Le médecin traitant est systématiquement informé et un compte-rendu du bilan lui est adressé par l’IRR.

E) La cellule P.D.P. (Prévention de la désinsertion Professionnelle)

Son rôle est d’accompagner un assuré social qui présente un risque de désinsertion professionnelle du fait de son état de santé.

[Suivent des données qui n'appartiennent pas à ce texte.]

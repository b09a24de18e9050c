// The bytes of a page of a memory of lines.
ghost use Rattle.std.specs.Prelude.{◌≡◌, ◌<◌, ◌≤◌, ◌+◌, ◌*◌, ◌++◌, length, take, drop};
ghost use Rattle.hier_types.specs.Lines.{flatten};

use hier_types::{LINE_BYTES, Layer, Line, LineNo, PAGE_LINES, PageNo};

/// The bytes of a page of the layer, which stays as it is.
pub fn view_page<B: Layer>(layer: &B, page: PageNo, into: &mut [u8; 4096])
    requires inside { 64 * page.0 + 64 ≤ length (B.content layer.now) }
    ensures { into.new ≡ take 4096 (drop (4096 * page.0) (flatten (B.content layer.now))) }
{
    // With their number a layer tells that its lines are whole.
    let _count = layer.lines();
    let mut line = [0; 64];
    for index in 0..PAGE_LINES {
        layer.view(LineNo(page.0 * PAGE_LINES + index), &mut line);
        put_line(into, index, &line);
    }
}

/// Puts a line to its place in a page.
fn put_line(into: &mut [u8; 4096], index: u32, line: &Line)
    requires { index < 64 }
    ensures len { length into.new ≡ 4096 }
    ensures front { take (64 * (index + 1)) into.new ≡ take (64 * index) into.old ++ line.now }
{
    let at = (index * LINE_BYTES) as usize;
    into[at..at + 64].copy_from_slice(line);
}
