// A machine on the program in a file.
ghost use Rattle.std.specs.Prelude.{◌≡◌, IfErr, IfOk};
ghost use Rattle.hier_types.specs.Settings.{AreWithinRules};
ghost use Rattle.hier_machine.specs.FileRuns.{FailsToOpen, Opens};

use crate::ends::{NotOpened, OpenFault};
use crate::machine::Machine;
use elf_image::{ImageKind, read_image};
use hier_types::Settings;
use std::alloc::Global;

/// Opens a machine on the program in a file, and takes all the memory that its run needs.
pub fn open_file(alloc: Global, file: Vec<u8>, settings: &Settings) -> Result<Machine, NotOpened>
    requires { AreWithinRules settings.now }
    ensures ok { IfOk result (Opens settings.now file.items) }
    ensures err { IfErr result (FailsToOpen settings.now file.items) }
{
    let image = match read_image(alloc, file, settings.geometry) {
        Ok(image) => image,
        Err(fault) if fault.kind == ImageKind::NoMemory => return Err(NotOpened::NoMemory),
        Err(fault) => return Err(NotOpened::BadImage(fault)),
    };
    match Machine::open(alloc, settings, &image) {
        Ok(machine) => Ok(machine),
        Err(OpenFault::NoMemory) => Err(NotOpened::NoMemory),
        Err(OpenFault::NoRoom(refusal)) => Err(NotOpened::NoRoom(refusal)),
    }
}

L’assuré social est repéré lors d’un contrôle du service médical ou lors d’une rencontre avec le service social de l’Assurance Maladie.

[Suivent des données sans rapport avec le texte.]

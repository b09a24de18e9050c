// The memory with the image in it.
ghost use Rattle.std.specs.Prelude.{Err, IfErr, OnOk};
ghost use Rattle.page_store.specs.Calls.{PlacesPage};
ghost use Rattle.page_store.specs.Store.{HasZero};
ghost use Rattle.hier_machine.specs.Placed.{AwaitsImage, PlacesBytes, PlacesImage};

use elf_image::Image;
use hier_types::{NoSpace, PageNo};
use page_store::Pages;

/// Places the pages of an image that are not zero, in rising order, up to one that finds no room.
pub fn place_image(store: &mut Pages, image: &Image, pages: u32) -> Result<(), NoSpace>
    requires { AwaitsImage image.now pages store.old }
    ensures { PlacesImage image.now pages store.old result store.new }
{
    let mut bytes = [0; 4096];
    for number in 0..pages {
        image.page(PageNo(number), &mut bytes);
        if let Err(refusal) = place_page(store, PageNo(number), &bytes) {
            return Err(refusal);
        }
    }
    Ok(())
}

/// Places a page, where it is not zero.
fn place_page(store: &mut Pages, page: PageNo, bytes: &[u8; 4096]) -> Result<(), NoSpace>
    requires { HasZero store.old page.0 }
    ensures ok { OnOk result (PlacesBytes page.0 bytes.now store.old store.new) }
    ensures err { IfErr result (λ refusal. PlacesPage store.old page.0 bytes.now (Err refusal) store.new) }
{
    if *bytes == [0; 4096] {
        return Ok(());
    }
    store.place_page(page, bytes)
}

Avec l’accord du salarié, le médecin du travail peut également signaler sa situation à la Cellule PDP.

La PDP vise à accompagner les assurés depuis la détection du risque de désinsertion professionnelle, jusqu’à l’orientation vers un dispositif mis en place par l’Assurance Maladie ou par l’un de ses partenaires externes.

Ces dispositifs qui permettront une reprise d’activité, peuvent être: une adaptation ou un aménagement du poste de travail, un reclassement professionnel, une mise en place d’un temps partiel thérapeutique, une formation, un bilan de compétences, etc.

Lorsque l’assuré entreprend une mesure de remobilisation durant son arrêt de travail, sa situation est présentée avec son accord en cellule locale PDP. Les cellules locales PDP valident le projet et notifient à l’assuré un accord de réalisation de la mesure de remobilisation durant l’arrêt de travail médicalement justifié.

Pour qui ?

Les assurés sociaux relevant du régime général :

  • salariés titulaires d’un contrat de travail au moment de l’arrêt de travail,
  • travailleurs indépendants,
  • indemnisés au titre de la maladie, de l’invalidité, d’un accident du travail ou d’une maladie professionnelle, présentant un risque de désinsertion professionnelle.

Pour rappel, durant un arrêt de travail, un salarié peut suivre une formation avec l'accord de son médecin.

Il doit s'agir de l'une des formations suivantes :

  • actions de formation (accès meilleures conditions d'emploi, adaptation au poste de travail, développement des compétences),
  • bilan de compétences,
  • actions permettant de faire valider les acquis de l'expérience (VAE),
  • actions de formation par apprentissage.

Le salarié doit se rapprocher de son médecin traitant pour obtenir son accord écrit.

Le salarié doit ensuite transmettre cet accord par courrier à sa Caisse Primaire d'Assurance Maladie (CPAM), de préférence par lettre recommandée avec avis de réception.